Faiello partecipa alla «Nuova Compagnia di Canto Popolare», fondata da Roberto De Simone, lavora a lungo con Roberto Murolo ed approfondisce studi etnomusicali sul campo. Notevoli le ricerche sui «miserere» della settimana santa. Dalla frequentazione e osservazione delle feste popolari ha origine il suo interesse per «Dioniso» e per rituali, che è ancora possibile intercettare nel Sud Italia e lungo le coste del Mediterraneo, durante i quali si assiste al fenomeno della trance, studiato nei decenni passati da Lapassade. Si tratta di fenomeni antichissimi che, con quel tot di teatralizzazione che contengono, favoriscono il «passaggio» da una personalità a un’altra (Sergio Piro) e la «liberazione» dal dolore da parte del sottoproletariato.

Molti gli interpreti dei «pezzi» di Faiello, da Giovanni Mauriello a Lina Sastri a Isa Danieli. Le sue canzoni appartengono al popolo perché vengono cantate o fischiettate ma il loro autore è sconosciuto. Faiello ha rilanciato la grande tradizione musicale della Napoli di fine ‘800 non piantando le note in una serra ma liberandole per strada, «scugnizze». Il suo simbolo sonoro è un campanile dell’alto medioevo costruito con materiali di diverse epoche e che si eleva come un minareto sulla cui cima il vento diventa un muezìn. Napoli, «metropoli dialettale», è ricca di «pietre che cantano» (Schneider) e su queste pietre è rimasta l’ombra indelebile di Mozart che qui, incantato, rielaborò la tecnica del contrappunto.

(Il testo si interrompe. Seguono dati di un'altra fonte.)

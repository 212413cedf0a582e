// Managed ranges of I/O ports, on a table that is the image of a well-formed set.
#![tactic(auto)]

ghost use Rattle.std.specs.Prelude.{◌≡◌, ◌+◌, ◌<◌, ◌≤◌, length};
ghost use Rattle.facts.specs.Table;
ghost use Rattle.layout.specs.Layout.{table_size};
ghost use Rattle.layout.specs.Reading.{ranges_in};
ghost use Rattle.layout.specs.Sound.{Accepted, RangesSound};
ghost use Rattle.managed_ranges.specs.Asked.{PortsNamedIs, PlaceOf, StartIs, FreeIs, FoundIs, Entered};
ghost use Rattle.managed_ranges.specs.Asked.{NextRangeIs, PutsRange, TakesRange, AddsRange, RemovesRange};

use facts::{Code, Ports, RangeAsked};
use layout::{
    ALL_PORTS, HANDLES_AT, MOST_LINES, MOST_RANGES, RANGE_COUNT_AT, RANGE_RESERVED_AT, RANGE_SIZE,
    RANGES_AT, RANGES_IN,
};

// The ports that an Add or a Remove names: "both need lines of 16 for I/O", "ports 0 or over 65,536 BAD_SIZE; a port past FFFF BAD_BASE".
fn ports_named(r: RangeAsked) -> Result<(usize, usize), Code>
    ensures { PortsNamedIs r.base r.count r.lines result }
{
    let base = r.base as usize;
    let count = r.count as usize;
    if usize::from(r.lines) != MOST_LINES {
        return Err(Code::BadAttribute);
    }
    if count == 0 || ALL_PORTS < count {
        return Err(Code::BadSize);
    }
    if ALL_PORTS < base + count {
        return Err(Code::BadBase);
    }
    Ok((base, count))
}

// How many ranges have a base below a number: where such a base belongs. The last ones are looked at first.
fn place(t: &[u8], from: usize) -> usize
    requires { (length t.now ≡ table_size) × (ranges_in t.now ≤ Table.most_ranges) × RangesSound t.now }
    ensures { PlaceOf t.now from result }
{
    for i in (0..table_read::byte(t, RANGES_IN)).rev() {
        if table_read::word(t, RANGES_AT + i * RANGE_SIZE) < from {
            return i + 1;
        }
    }
    0
}

// Where the range in the place i starts; past the last one, past FFFF.
fn start(t: &[u8], i: usize) -> usize
    requires { (length t.now ≡ table_size) × (ranges_in t.now ≤ Table.most_ranges) }
    ensures { StartIs t.now i result }
{
    if i < table_read::byte(t, RANGES_IN) {
        return table_read::word(t, RANGES_AT + i * RANGE_SIZE);
    }
    ALL_PORTS
}

// Where new ports belong, if none of them is managed: the ranges before and after that place are the nearest.
fn free(t: &[u8], base: usize, count: usize) -> Result<usize, Code>
    requires ranges { (length t.now ≡ table_size) × (ranges_in t.now ≤ Table.most_ranges) × RangesSound t.now }
    requires ports { (1 ≤ count) × (base + count ≤ Table.all_ports) }
    ensures { FreeIs t.now base count result }
{
    let i = place(t, base);
    if base < managed_search::end_before(t, i) {
        return Err(Code::InUse);
    }
    if start(t, i) < base + count {
        return Err(Code::InUse);
    }
    Ok(i)
}

// The new range's record in the place i: those from there on move one place up.
fn enter(t: &mut [u8], i: usize, base: usize, count: usize, reserved: u8)
    requires room { (length t.old ≡ table_size) × (i ≤ ranges_in t.old) × (ranges_in t.old < Table.most_ranges) }
    requires ports { (base < 65536) × (count < 4294967296) }
    ensures { Entered t.old t.new i base count reserved }
{
    let at = RANGES_AT + i * RANGE_SIZE;
    table_write::make_room(t, RANGES_IN, at, RANGE_SIZE, HANDLES_AT);
    table_write::put_word(t, at, base);
    table_write::put_long(t, at + RANGE_COUNT_AT, count);
    t[at + RANGE_RESERVED_AT] = reserved;
}

// The ports are put in, with their reserve mark: "a port already managed IN_USE; 32 ranges present OUT_OF_RESOURCE".
fn put(t: &mut [u8], base: usize, count: usize, reserved: u8) -> Result<(), Code>
    requires { Accepted t.old × (1 ≤ count) × (base + count ≤ Table.all_ports) }
    ensures { PutsRange base count reserved t.old t.new result }
{
    let i = free(t, base, count)?;
    if MOST_RANGES <= table_read::byte(t, RANGES_IN) {
        return Err(Code::OutOfResource);
    }
    enter(t, i, base, count, reserved);
    Ok(())
}

pub fn add(t: &mut [u8], r: RangeAsked) -> Result<(), Code>
    requires { Accepted t.old }
    ensures { AddsRange r.base r.count r.attributes r.lines t.old t.new result }
{
    let reserved = managed_changes::reserve_asked(r.attributes)?;
    let (base, count) = ports_named(r)?;
    put(t, base, count, reserved)
}

// The place of the range with just that base and count: "no range with just that base and count BAD_BASE".
fn find(t: &[u8], base: usize, count: usize) -> Result<usize, Code>
    requires { (length t.now ≡ table_size) × (ranges_in t.now ≤ Table.most_ranges) × RangesSound t.now }
    ensures { FoundIs t.now base count result }
{
    let i = place(t, base);
    let at = RANGES_AT + i * RANGE_SIZE;
    if i < table_read::byte(t, RANGES_IN)
        && table_read::word(t, at) == base
        && table_read::long(t, at + RANGE_COUNT_AT) == count
    {
        Ok(i)
    } else {
        Err(Code::BadBase)
    }
}

// The ports are taken out: "Remove is IN_USE if a live grant holds or is repeated at any port of the range" (K2), that is if a card that is granted ports
// answers at one of these.
fn take(t: &mut [u8], base: usize, count: usize) -> Result<(), Code>
    requires { Accepted t.old }
    ensures { TakesRange base count t.old t.new result }
{
    let i = find(t, base, count)?;
    let ports = Ports {
        base,
        count,
        lines: MOST_LINES,
    };
    if io_meeting::some(t, ports) {
        return Err(Code::InUse);
    }
    table_write::take_out(
        t,
        RANGES_IN,
        RANGES_AT + i * RANGE_SIZE,
        RANGE_SIZE,
        HANDLES_AT,
    );
    Ok(())
}

pub fn remove(t: &mut [u8], r: RangeAsked) -> Result<(), Code>
    requires { Accepted t.old }
    ensures { RemovesRange r.base r.count r.attributes r.lines t.old t.new result }
{
    managed_changes::no_bit(r.attributes)?;
    let (base, count) = ports_named(r)?;
    take(t, base, count)
}

// The range with the lowest base that isn't below a number: its base and its count.
pub fn next(t: &[u8], from: usize) -> Option<(usize, usize)>
    requires { Accepted t.now }
    ensures { NextRangeIs t.now from result }
{
    let i = place(t, from);
    if table_read::byte(t, RANGES_IN) <= i {
        return None;
    }
    let at = RANGES_AT + i * RANGE_SIZE;
    Some((
        table_read::word(t, at),
        table_read::long(t, at + RANGE_COUNT_AT),
    ))
}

Tra gli interessi di Faiello non poteva mancare Pulcinella, ma si tratta di un personaggio che ha poco a che vedere con le Atellane, piuttosto è quello, originario, di un bracciante che lavora sotto il sole (da qui il colore rosso della prima maschera indossata da Pulcinella) e, con altri salariati, durante la vendemmia e la mietitura, dava vita all’incanata (ronda di cani latranti ) e all’alluccata (allucco, grido sfrenato).

Dalla Domus Ars Pulcinella ha intrapreso il viaggio che lo condurrà, col supporto di un intellettuale come Nino Daniele, all’ UNESCO. Il metodo compositivo di questo autore ripercorre l’origine del linguaggio: dal grido alla lallazione all’agitazione neuromotoria al canto, intercettando vertici e vortici lirici come, p.es., in «Stella Diana», canzone dove la figura della gemella di sé stessa (Venere è stella del mattino e della sera, il vespro) richiama quella di Michelemmà, l’iscarola (ischitana) contesa con le carte da gioco dai turchi.

La Stella di Faiello ha gli attributi di Iside e, secondo una tradizione secolare, si identifica con la sirena e la «Madonna delle Grazie», quella che allatta. La Vergine incede con passo danzante al ritmo lunare, genera terremoti, il mondo vibra per un tamburo che suona senza essere percosso, quello del cuore.